Got myself some nice Azek Barge Board to be installed on the front of the house. I have 2 pieces to lay down. 1st - 1x8, 2nd - 1x4 (this goes on top of 1x8 to make a nice look). My house is turned sideways (narrow lot) and the gable end is on the front of house. I have ordered some aluminum drip caps that will wedge under the shingles and extend over both 1 inch edges (2 inch total) of the barge boards. I plan on cutting back the aluminum a bit, so not to cover to much (maybe 1/2 inch) of the 4 inch face of the 2nd board.
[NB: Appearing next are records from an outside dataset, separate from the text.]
//! What deliveries without a loss do in the end.

ghost use Rattle.std.specs.Prelude.{◌≡◌, ◌≢◌, ◌≤◌, ◌+◌, ◌*◌, ◌++◌, ℕ, Bool, Option, List, [], count_by, length};
ghost use Rattle.mqtt5_base.specs.declared.quality.QoS.{QoS};
ghost use Rattle.mqtt5_base.specs.declared.quality.QoS.TheVariants.{AtLeastOnce, ExactlyOnce};
ghost use Rattle.mqtt5_publish.specs.declared.publish.Publish.{Publish};
ghost use Rattle.mqtt5_inflight.specs.Unacked.{requests_of};
ghost use Rattle.mqtt5_world.specs.declared.event.WorldEvent.{WorldEvent};
ghost use Rattle.mqtt5_world.specs.declared.event.WorldEvent.TheVariants as world_events;
ghost use Rattle.mqtt5_world.specs.World.{World, start, happens, run_world, losses};
ghost use Rattle.mqtt5_world.specs.Delivery.{IsClass};
ghost use Rattle.mqtt5_progress.specs.Progress.{Deliveries, Settled, deliveries, delivered, settle, work};

/// A law, which does nothing when it is called: after any run, four rounds in which all that is on its way up arrives and
/// then all that is on its way down, with no request and no loss, bring everything to its end.
pub fn progress_law()
    // Nothing is on its way, stored, waiting or held by the broker, and nothing was refused.
    ensures settled { (limit : ℕ) (events : List WorldEvent)
        → Settled (settle 4 (run_world events (start limit))) }
    // A class of QoS 2 was handed on exactly as often as it was accepted.
    ensures exactly_once { (limit : ℕ) (events : List WorldEvent) (test : Publish → Bool)
        → IsClass ExactlyOnce test
        → count_by test (settle 4 (run_world events (start limit))).broker.handed
        ≡ count_by test (run_world events (start limit)).accepted }
    // One of QoS 1 at least as often, and at most once more for each loss.
    ensures at_least_once { (limit : ℕ) (events : List WorldEvent) (test : Publish → Bool)
        → IsClass AtLeastOnce test
        → count_by test (run_world events (start limit)).accepted
        ≤ count_by test (settle 4 (run_world events (start limit))).broker.handed }
    ensures for_each_loss { (limit : ℕ) (events : List WorldEvent) (test : Publish → Bool)
        → IsClass AtLeastOnce test
        → count_by test (settle 4 (run_world events (start limit))).broker.handed
        ≤ (losses events + 1) * count_by test (run_world events (start limit)).accepted }
    // Without a loss one of each QoS exactly as often.
    ensures without_loss { (limit : ℕ) (events : List WorldEvent) (qos : QoS)
        (test : Publish → Bool) → IsClass qos test → losses events ≡ 0
        → count_by test (settle 4 (run_world events (start limit))).broker.handed
        ≡ count_by test (run_world events (start limit)).accepted }
    // The session gives nothing back to send again, and a loss sends nothing.
    ensures nothing_back { (limit : ℕ) (events : List WorldEvent)
        → requests_of (settle 4 (run_world events (start limit))).session.core.limit
        (settle 4 (run_world events (start limit))).session.core.in_use ≡ [] }
    ensures nothing_again { (limit : ℕ) (events : List WorldEvent) (receive_max : Option ℕ)
        → (happens (settle 4 (run_world events (start limit)))
        (world_events.Loss receive_max)).up ≡ [] }
    // Rounds are a run of deliveries alone.
    ensures runs { (n : ℕ) (w : World) → settle n w ≡ run_world (deliveries n w) w }
    ensures deliveries { (n : ℕ) (w : World) → Deliveries (deliveries n w) }
    // Four is the least: after three rounds something may be on its way.
    ensures least { (limit : ℕ) × (events : List WorldEvent)
        × ((settle 3 (run_world events (start limit))).up ≢ []) }
{}

/// A law, which does nothing when it is called: what deliveries do in any order.
pub fn any_order_law()
    // Each that finds a packet leaves less work, in any world.
    ensures lowers { (events : List WorldEvent) (w : World) → Deliveries events
        → work (run_world events w) + delivered events w ≤ work w }
    // The work is bounded by what is on its way.
    ensures bound { (w : World) → work w ≤ 4 * (length w.up + length w.down + 1) }
    // Where nothing is on its way all is done, and so where as many deliveries found a packet as there was work.
    ensures at_rest { (limit : ℕ) (events : List WorldEvent)
        → (run_world events (start limit)).up ≡ [] → (run_world events (start limit)).down ≡ []
        → Settled (run_world events (start limit)) }
    ensures all_delivered { (limit : ℕ) (events more : List WorldEvent) → Deliveries more
        → work (run_world events (start limit)) ≤ delivered more (run_world events (start limit))
        → Settled (run_world (events ++ more) (start limit)) }
{}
Now for the question. When installing the drip edge under the shingles, how to I secure it? There are 3 layers of shingles on this house, so I'm thinking I need to fold back a little and drive a screw or nail through the aluminum to secure it to the roof. Wondering if there are any other suggestions?

Pic attached for visualization. Thanks all!


----------



## Tom Struble (Dec 29, 2008)

you have enough shingle overhang?


----------



## luvdairish (May 30, 2010)

There is probably about 3-4 inches shingle overhang. Should I flash the top of the building paper? Is Tyvek Straightflash ok to use for that?


----------